═════ DATASET EXTRACT ═════
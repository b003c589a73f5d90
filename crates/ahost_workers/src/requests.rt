//! The requests of a run, each with the callback of its body.

ghost use Rattle.std.specs.Prelude.{◌≡◌, All, IfOk, None};
ghost use Rattle.ahost_workers.specs.Asked.{requests_of};

use chan_types::Spec;
use completion_ticket::{Callback, Done};
use item_list::NoMemory;
use std::alloc::Global;
use std::collections::VecDeque;
use tool_line::SpecList;

/// Each request with the callback of the body at its place, as far as there are both. The other bodies are let go.
pub(crate) fn with_callbacks<B: Done + Drop>(
    alloc: Global,
    specs: SpecList,
    bodies: Vec<B>,
) -> Result<Vec<(Spec, Callback<B>)>, NoMemory>
    requires fresh { All (λ body. B.told body ≡ None) bodies.items }
    ensures { IfOk result (λ requests. requests.items ≡ requests_of B.plan B.name specs bodies.items) }
{
    let mut requests = Vec::new(alloc);
    let mut specs = VecDeque::from(specs.into_vec());
    let mut bodies = VecDeque::from(bodies);
    while let Some(spec) = specs.pop_front() {
        let Some(body) = bodies.pop_front() else {
            return Ok(requests);
        };
        requests.push((spec, Callback::of(body)))?;
    }
    Ok(requests)
}
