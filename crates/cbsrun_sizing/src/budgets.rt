//! The greatest budget that each server could have.

ghost use Rattle.std.specs.Prelude.{◌≡◌, IfOk, OnOk, length};
ghost use Rattle.cbs_rate.specs.Plan.{IsPlan, IsGreatestBudget};
ghost use Rattle.cbsrun_sizing.specs.Budgets.{without, AreGreatest};

use cbs_rate::Plan;
use std::alloc::{AllocError, Global};

/// Returns the plan without one of its servers.
fn without(plan: &Plan, server: u16) -> Plan
    ensures { result ≡ without plan.now server }
{
    let mut others = Plan::new(plan.bound());
    for other in 0..plan.len() as u16 {
        if other != server {
            let reservation = plan.get(other).unwrap();
            others.admit(reservation).unwrap();
        }
    }
    others
}

/// Returns the greatest budget that a server of a plan could have at this period, if all others stay as they are, or 0 if
/// it could have none.
pub fn greatest_budget_at(plan: &Plan, server: u16, period: u64) -> u64
    ensures { IsGreatestBudget (without plan.now server) period result }
{
    without(plan, server).greatest_budget(period)
}

/// Returns, for each server of a plan, the greatest budget that it could have at its period, if all others stay as they
/// are. The only error is out of memory.
pub fn greatest_budgets(alloc: Global, plan: &Plan) -> Result<Vec<u64>, AllocError>
    ensures greatest { IfOk result (λ budgets.
        AreGreatest plan.now (length plan.now.rates) budgets.items) }
    ensures lawful { OnOk result (IsPlan plan.now) }
{
    let servers = plan.len() as u16;
    let mut budgets = Vec::with_capacity(alloc, usize::from(servers))?;
    for server in 0..servers {
        let period = plan.get(server).unwrap().period();
        budgets.push(greatest_budget_at(plan, server, period))?;
    }
    Ok(budgets)
}
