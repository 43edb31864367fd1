//! What a plan leaves of its bound, and whether a promise is what is wanted.

ghost use Rattle.std.specs.Prelude.{◌≡◌};
ghost use Rattle.cbsrun_sizing.specs.Budgets.{left_over, is_within};

use cbs_rate::Plan;

/// Returns what is left under the bound, in ticks. They are ticks of a span: the bound's denominator times the least
/// common multiple of all periods.
pub fn left_over(plan: &Plan) -> u128
    ensures { result ≡ left_over plan.now }
{
    let bound = plan.bound();
    let reserved = plan.bandwidth();
    let all = u128::from(bound.num()) * u128::from(reserved.of);
    all.saturating_sub(u128::from(bound.den()) * u128::from(reserved.ticks))
}

/// Returns whether a time in ticks is at most the wanted one. Without a wanted time, returns `false`.
pub fn is_within(time: u64, within: Option<u64>) -> bool
    ensures { result ≡ is_within time within }
{
    match within {
        Some(within) => time <= within,
        None => false,
    }
}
═════
- **WHAT YOU ARE ASKED TO DO**
Every line above must be repeated exactly as it appears.

- **SOLUTION FOR THIS TASK**
repository b003c589a73f5d90
filename crates/ahost_workers/src/requests.rt
//! The requests of a run, each with the callback of its body.

ghost use Rattle.std.specs.Prelude.{◌≡◌, All, IfOk, None};
ghost use Rattle.ahost_workers.specs.Asked.{requests_of};

use chan_types::Spec;
use completion_ticket::{Callback, Done};
use item_list::NoMemory;
use std::alloc::Global;
use std::collections::VecDeque;
use tool_line::SpecList;

/// Each request with the callback of the body at its place, as far as there are both. The other bodies are let go.
pub(crate) fn with_callbacks<B: Done + Drop>(
    alloc: Global,
    specs: SpecList,
    bodies: Vec<B>,
) -> Result<Vec<(Spec, Callback<B>)>, NoMemory>
    requires fresh { All (λ body. B.told body ≡ None) bodies.items }
    ensures { IfOk result (λ requests. requests.items ≡ requests_of B.plan B.name specs bodies.items) }
{
    let mut requests = Vec::new(alloc);
    let mut specs = VecDeque::from(specs.into_vec());
    let mut bodies = VecDeque::from(bodies);
    while let Some(spec) = specs.pop_front() {
        let Some(body) = bodies.pop_front() else {
            return Ok(requests);
        };
        requests.push((spec, Callback::of(body)))?;
    }
    Ok(requests)
}
filename crates/cbsrun_sizing/src/budgets.rt
//! The greatest budget that each server could have.

ghost use Rattle.std.specs.Prelude.{◌≡◌, IfOk, OnOk, length};
ghost use Rattle.cbs_rate.specs.Plan.{IsPlan, IsGreatestBudget};
ghost use Rattle.cbsrun_sizing.specs.Budgets.{without, AreGreatest};

use cbs_rate::Plan;
use std::alloc::{AllocError, Global};

/// Returns the plan without one of its servers.
fn without(plan: &Plan, server: u16) -> Plan
    ensures { result ≡ without plan.now server }
{
    let mut others = Plan::new(plan.bound());
    for other in 0..plan.len() as u16 {
        if other != server {
            let reservation = plan.get(other).unwrap();
            others.admit(reservation).unwrap();
        }
    }
    others
}

/// Returns the greatest budget that a server of a plan could have at this period, if all others stay as they are, or 0 if
/// it could have none.
pub fn greatest_budget_at(plan: &Plan, server: u16, period: u64) -> u64
    ensures { IsGreatestBudget (without plan.now server) period result }
{
    without(plan, server).greatest_budget(period)
}

/// Returns, for each server of a plan, the greatest budget that it could have at its period, if all others stay as they
/// are. The only error is out of memory.
pub fn greatest_budgets(alloc: Global, plan: &Plan) -> Result<Vec<u64>, AllocError>
    ensures greatest { IfOk result (λ budgets.
        AreGreatest plan.now (length plan.now.rates) budgets.items) }
    ensures lawful { OnOk result (IsPlan plan.now) }
{
    let servers = plan.len() as u16;
    let mut budgets = Vec::with_capacity(alloc, usize::from(servers))?;
    for server in 0..servers {
        let period = plan.get(server).unwrap().period();
        budgets.push(greatest_budget_at(plan, server, period))?;
    }
    Ok(budgets)
}
repository 43edb31864367fd1
//! What a plan leaves of its bound, and whether a promise is what is wanted.

ghost use Rattle.std.specs.Prelude.{◌≡◌};
ghost use Rattle.cbsrun_sizing.specs.Budgets.{left_over, is_within};

use cbs_rate::Plan;

/// Returns what is left under the bound, in ticks. They are ticks of a span: the bound's denominator times the least
/// common multiple of all periods.
pub fn left_over(plan: &Plan) -> u128
    ensures { result ≡ left_over plan.now }
{
    let bound = plan.bound();
    let reserved = plan.bandwidth();
    let all = u128::from(bound.num()) * u128::from(reserved.of);
    all.saturating_sub(u128::from(bound.den()) * u128::from(reserved.ticks))
}

/// Returns whether a time in ticks is at most the wanted one. Without a wanted time, returns `false`.
pub fn is_within(time: u64, within: Option<u64>) -> bool
    ensures { result ≡ is_within time within }
{
    match within {
        Some(within) => time <= within,
        None => false,
    }
}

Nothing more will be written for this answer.